Herbie: Automatically improve imprecise floating point formulas (herbie.uwplse.org)

by summarity 45 comments 198 points
Read article View on HN

45 comments

[−] summarity 41d ago
I posted this and it picked up steam over night, so I thought I'd add how I'm using it:

I work on 3D/4D math in F#. As part of the testing strategy for algorithms, I've set up a custom agent with an F# script that instruments Roslyn to find FP and FP-in-loop hotspots across the codebase.

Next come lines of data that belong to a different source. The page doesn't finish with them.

//! The columns of a key, in a row of station or of held.

ghost use Rattle.std.specs.Prelude.{◌≡◌, true, IsTrue, IfOk, IfErr, OnOk};
ghost use Rattle.std.specs.Str.{is_utf8};
ghost use Rattle.jm_decoding.specs.Decoded.{IsFaultOfRow};
ghost use Rattle.jm_decoding.specs.Readable.{IsReadableKey, is_key_in};
ghost use Rattle.jm_tables.specs.Keys as spec;
ghost use Rattle.jm_tables.specs.Valid.{is_stored_client};

use crate::columns::{number_at, text_at};
use crate::fault::RowFault;
use jm_dest::{ClientId, Key, Name, SubscriptionName};
use sqlite::Row;
use std::alloc::Global;

/// The client for which a text stands: none where it is empty. `Damaged` where it is neither empty nor a name, else `Memory`
/// where a request for memory was refused.
fn client_in(alloc: Global, text: &str) -> Result<Option<ClientId>, RowFault>
    requires { IsTrue (is_utf8 text.now) }
    ensures ok { IfOk result (λ client. client ≡ spec.client_in text.now) }
    ensures valid { OnOk result (is_stored_client text.now ≡ true) }
    ensures err { IfErr result (IsFaultOfRow (is_stored_client text.now ≡ true)) }
{
    if text.is_empty() {
        return Ok(None);
    }
    Ok(Some(ClientId::new(alloc, text)?))
}

/// The key for which a family, a client and a name stand: family 1 is a queue, and family 2 a durable subscription. `Damaged`
/// where they are no key of a row of station; `Memory` where a request for memory was refused.
fn key_in(alloc: Global, family: i64, client: &str, name: &str) -> Result<Key, RowFault>
    requires client { IsTrue (is_utf8 client.now) }
    requires name { IsTrue (is_utf8 name.now) }
    ensures ok { IfOk result (λ key. spec.key_in family client.now name.now ≡ Some key) }
    ensures valid { OnOk result (is_key_in family client.now name.now ≡ true) }
    ensures err { IfErr result (IsFaultOfRow (is_key_in family client.now name.now ≡ true)) }
{
    match family {
        1 if client.is_empty() => Ok(Key::Queue(Name::new(alloc, name)?)),
        2 => {
            let client = client_in(alloc, client)?;
            Ok(Key::Durable(client, SubscriptionName::new(alloc, name)?))
        }
        _ => Err(RowFault::Damaged),
    }
}

/// The key of the row: its family, client and name at 1, 2 and 3. `Damaged` where one of them is not of its kind, or they are no
/// key of a row of station; `Memory` where a request for memory was refused.
#[tactic(auto, using(crate::proofs::Keys::columns_fault, crate::proofs::Keys::readable_client, crate::proofs::Keys::readable_name))]
pub(crate) fn key_of(alloc: Global, row: &Row) -> Result<Key, RowFault>
    ensures ok { IfOk result (λ key. spec.key_of row.now ≡ Some key) }
    ensures readable { OnOk result (IsReadableKey row.now) }
    ensures err { IfErr result (IsFaultOfRow (IsReadableKey row.now)) }
{
    let family = number_at(row, 1)?;
    let client = text_at(row, 2)?;
    let name = text_at(row, 3)?;
    key_in(alloc, family, client, name)
}
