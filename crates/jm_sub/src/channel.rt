//! Where a subscription stands in the list of channels.

ghost use Rattle.std.specs.Prelude.{◌≡◌, IfOk};
ghost use Rattle.jm_sub.specs.Channels.{channel_of};

use jm_dest::Name;
use jm_machine::Definition;
use jm_selector::Literal;
use std::alloc::AllocError;

/// The subscriptions of a topic whose selectors ask by `=` for the same literal, or for none.
#[derive(PartialEq, Eq, PartialOrd, Ord, Drop)]
pub(crate) struct Channel {
    /// The literal that each of them asks a value of the message to be equal to, if they ask so. It stands first, so that
    /// channels of one topic are compared by their literals.
    pub(crate) literal: Option<Literal>,
    pub(crate) topic: Name,
}

impl Channel {
    /// The channel of a subscription that asks for that. `AllocError` where a request for memory was refused.
    pub(crate) fn of(definition: &Definition) -> Result<Channel, AllocError>
        ensures { IfOk result (λ channel. channel ≡ channel_of definition.now) }
    {
        Ok(Channel {
            literal: definition.selector.literal()?,
            topic: definition.topic.copy()?,
        })
    }
}
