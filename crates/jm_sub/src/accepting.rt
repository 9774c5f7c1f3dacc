//! Which subscriptions accept a message, by the channels of the message.

ghost use Rattle.std.specs.Prelude.{◌≡◌, ◌<◌, ◌↔◌, ◌||◌, ℕ, [], ◌∷◌, length, map, nat_eq, slice_get, Some, IfOk, IsTrue, OnOk, All};
ghost use Rattle.std.specs.List.Sorted.{IsStrictlyIncreasing};
ghost use Rattle.std.specs.Map.{keys_of};
ghost use Rattle.std.specs.Option.{option_copied};
ghost use Rattle.std.specs.Set.{is_member};
ghost use Rattle.jm_dest.specs.declared.destination.Destination.TheVariants.{Topic};
ghost use Rattle.jm_sub.specs.Channels.{channels_in};
ghost use Rattle.jm_sub.specs.Entries.{subscriptions_of};
ghost use Rattle.jm_sub.specs.Places.{channels_with, heard_in, open_channel, passes};
ghost use Rattle.jm_sub.specs.Subscriptions as spec;
ghost use Rattle.jm_sub.specs.Subscriptions.{publisher};

use crate::channel::Channel;
use crate::definition::wants;
use jm_base::Boxed;
use jm_dest::{ClientId, Key, Name};
use jm_grouped::GroupedList;
use jm_header::Message;
use jm_indexed::KeyMap;
use jm_machine::Definition;
use jm_selector::{Literal, law_literal, literals};
use std::alloc::{AllocError, Global};

/// Adds the places of the channel's subscriptions that want the message of that publisher, in their order.
fn add_channel(
    items: &KeyMap<Key, Boxed<Definition>>,
    channels: &GroupedList<Channel>,
    channel: &Channel,
    message: &Message,
    client: Option<&ClientId>,
    places: &mut Vec<usize>,
) -> Result<(), AllocError>
    requires { channels.now.items ≡ channels_in items.now.entries }
    ensures { OnOk result ((at : ℕ) → is_member nat_eq places.new.items at ≡ (is_member nat_eq places.old.items at
        || passes (heard_in (channel.now ∷ []) (publisher message.now (option_copied client.entry)) message.now)
        (slice_get items.now.entries at))) }
{
    for place in channels.indexes_of(channel) {
        let (key, definition) = items.entry_at(place);
        if wants(key, definition.get(), message, client) {
            places.push(place)?;
        }
    }
    Ok(())
}

/// The channel of the topic's subscriptions that ask for no literal. `AllocError` where the topic's text has
/// 9,223,372,036,854,775,807 owners.
fn open(topic: &Name) -> Result<Channel, AllocError>
    ensures { IfOk result (λ channel. channel ≡ open_channel topic.now) }
{
    Ok(Channel {
        literal: None,
        topic: topic.copy()?,
    })
}

/// The places of the subscriptions that want the message of that publisher, in the channels of the topic without a literal and
/// of each of the literals: those of each channel in their order.
fn heard_places(
    alloc: Global,
    items: &KeyMap<Key, Boxed<Definition>>,
    channels: &GroupedList<Channel>,
    topic: &Name,
    literals: Vec<Literal>,
    message: &Message,
    client: Option<&ClientId>,
) -> Result<Vec<usize>, AllocError>
    requires { channels.now.items ≡ channels_in items.now.entries }
    ensures { IfOk result (λ places. (at : ℕ) → is_member nat_eq places.items at
        ≡ passes (heard_in (channels_with topic.now literals.items) (publisher message.now (option_copied client.entry)) message.now)
        (slice_get items.now.entries at)) }
{
    let mut places = Vec::new(alloc);
    let none = open(topic)?;
    add_channel(items, channels, &none, message, client, &mut places)?;
    for literal in literals {
        let channel = Channel {
            literal: Some(literal),
            topic: topic.copy()?,
        };
        add_channel(items, channels, &channel, message, client, &mut places)?;
    }
    Ok(places)
}

/// Whether each place is below the next one.
fn is_rising(places: &[usize]) -> bool
    ensures { IsTrue result ↔ IsStrictlyIncreasing places.now }
{
    for index in 1..places.len() {
        if places[index] <= places[index - 1] {
            return false;
        }
    }
    true
}

/// Puts the places in order, where equal ones count once.
fn put_in_order(places: &mut Vec<usize>)
    ensures order { IsStrictlyIncreasing places.new.items }
    ensures same { (at : ℕ) → is_member nat_eq places.new.items at ≡ is_member nat_eq places.old.items at }
{
    if !is_rising(places.as_slice()) {
        places.sort_unstable();
        places.dedup();
    }
}

/// Where the subscriptions stand that accept the message of that publisher, which goes to the topic, from 0 in order of creation.
pub(crate) fn accepting_places(
    alloc: Global,
    items: &KeyMap<Key, Boxed<Definition>>,
    channels: &GroupedList<Channel>,
    topic: &Name,
    message: &Message,
    client: Option<&ClientId>,
) -> Result<Vec<usize>, AllocError>
    requires channels { channels.now.items ≡ channels_in items.now.entries }
    requires to { message.now.destination ≡ Topic topic.now }
    ensures { IfOk result (λ places. places.items ≡ spec.accepting_places (publisher message.now (option_copied client.entry))
        message.now (subscriptions_of items.now.entries)) }
{
    law_literal();
    let literals = literals(alloc, message)?;
    let mut places = heard_places(alloc, items, channels, topic, literals, message, client)?;
    put_in_order(&mut places);
    Ok(places)
}

/// The keys that stand at the places, in their order.
pub(crate) fn keys_at(
    alloc: Global,
    items: &KeyMap<Key, Boxed<Definition>>,
    places: &[usize],
) -> Result<Vec<Key>, AllocError>
    requires { All (λ place. place < length items.now.entries) places.now }
    ensures { IfOk result (λ keys. map Some keys.items ≡ map (slice_get (keys_of items.now.entries)) places.now) }
{
    let mut keys = Vec::with_capacity(alloc, places.len())?;
    for place in places {
        keys.push_reserved(items.key_at(*place).copy()?);
    }
    Ok(keys)
}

The agent then reasons through the implementation and writes core expressions into an FPCore file next to the existing tests, running several passes, refining the pres based on realistic caller input. This logs Herbie's proposed improvements as output FPCore transformations. The agent then reasons through solutions (which is required, Herbie doesn't know algorithm design intent, see e.g. this for a good case study: https://pavpanchekha.com/blog/herbie-rust.html), and once convinced of a gap, creates additional unit tests and property tests (FsCheck/QuickCheck) to prove impact. Then every once in a while I review a batch to see what's next.

Generally there are multiple types of issues that can be flagged:

a) Expression-level imprecision over realistic input ranges: this is Herbie's core strength. Usually this catches "just copied the textbook formula" instance of naive math. Cancellation, Inf/NaN propagation, etc. The fixes are consistently using fma for accumulation, biggest-factor scaling to prevent Inf, hypot use, etc.

b) Ill-conditioned algorithms. Sometimes the text books lie to you, and the algorithms themselves are unfit for purpose, especially in boundary regions. If there are multiple expressions that have a <60% precision and only a 1 to 2% improvement across seeds, it's a good sign the algo is bad - there's no form that adequately performs on target inputs.

c) Round-off, accumulation errors. This is more a consequence of agent reasoning, but often happens after an apparent "100% -> 100%" pass. The agent is able to, via failing tests, identify parts of an algorithm that can benefit from upgrading the context to e.g. double-word arithmetic for additional precision.

[−] Archit3ch 41d ago

> I work on 3D/4D math in F#. As part of the testing strategy for algorithms, I've set up a custom agent with an F# script that instruments Roslyn to find FP and FP-in-loop hotspots across the codebase.

I don't know if there is an equivalent in Roslyn, but in Julia you can have the agent inspect the LLVM output to surface problems in hot loops.

[−] yread 41d ago
Really cool, numerical stability can be tricky as errors can accumulate with each operation and suddenly 53 bits of precision is not enough.

Also nice to see an article thats not about AI or politics

[−] urschrei 41d ago
I resurrected the Rust Herbie lint (now using dylint) a while ago: https://github.com/urschrei/herbie-lint
[−] notpushkin 41d ago
Some trivial cases produce... interesting results.

For x in [−1.79e308, 1.79e308]:

Initial Program: 100.0% accurate, 1.0× speedup

  def code(x):
      return math.sqrt((x + 1.0))
Alternative 1: 67.5% accurate, 5.6× speedup

  def code(x):
      return 1.0
[−] lifthrasiir 41d ago
That does make sense, because a half of all available fp numbers are less than 1 in their magnitude. In particular there should be a plenty of numbers x such that |x| << 1 so x + 1 ~= 1; in fact, the proportion should be just shy of 50%.